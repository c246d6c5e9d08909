//! What a call is answered by.

use rh_model::{App, Dep, Node};

/// Why a call has failed.
#[derive(Clone, Copy, Debug, PartialEq, Eq)]
pub enum Fault {
    /// `{already_started, App}`
    AlreadyStarted(App),
    /// `{not_started, App}` of what an application needs.
    NeedsStarted(Dep),
    /// `{not_running, App}` of what an application needs.
    NeedsRunning(Dep),
    /// `{not_started, App}` of the application that is to be stopped.
    NotStarted(App),
    /// `not_running`: the application has no top process that could end.
    NotRunning,
    /// `stopped`: the application was stopped while a call waited for it.
    Stopped,
    /// `{already_running_locally, App}`
    RunsLocally(App),
    /// `{not_running_distributed, App}`
    RunsNowhere(App),
    /// `{Node, {not_running, App}}`: another node couldn't start the application, for want of this.
    FailedAt(Node, Dep),
}

/// What a call is answered by.
#[derive(Clone, Copy, Debug, PartialEq, Eq)]
pub enum Outcome {
    /// `ok`
    Done,
    /// `distributed_application, started`: dist_ac is to be asked, too.
    IsStarted,
    /// `distributed_application, only_loaded`: the same, of an application that isn't started.
    IsOnlyLoaded,
    /// An error.
    Failed(Fault),
}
========
■ **Exercise prompt**
All of the material above needs to be copied exactly.

■ **Task output**
repository c246d6c5e9d08909
//! What a call is answered by.

use rh_model::{App, Dep, Node};

/// Why a call has failed.
#[derive(Clone, Copy, Debug, PartialEq, Eq)]
pub enum Fault {
    /// `{already_started, App}`
    AlreadyStarted(App),
    /// `{not_started, App}` of what an application needs.
    NeedsStarted(Dep),
    /// `{not_running, App}` of what an application needs.
    NeedsRunning(Dep),
    /// `{not_started, App}` of the application that is to be stopped.
    NotStarted(App),
    /// `not_running`: the application has no top process that could end.
    NotRunning,
    /// `stopped`: the application was stopped while a call waited for it.
    Stopped,
    /// `{already_running_locally, App}`
    RunsLocally(App),
    /// `{not_running_distributed, App}`
    RunsNowhere(App),
    /// `{Node, {not_running, App}}`: another node couldn't start the application, for want of this.
    FailedAt(Node, Dep),
}

/// What a call is answered by.
#[derive(Clone, Copy, Debug, PartialEq, Eq)]
pub enum Outcome {
    /// `ok`
    Done,
    /// `distributed_application, started`: dist_ac is to be asked, too.
    IsStarted,
    /// `distributed_application, only_loaded`: the same, of an application that isn't started.
    IsOnlyLoaded,
    /// An error.
    Failed(Fault),
}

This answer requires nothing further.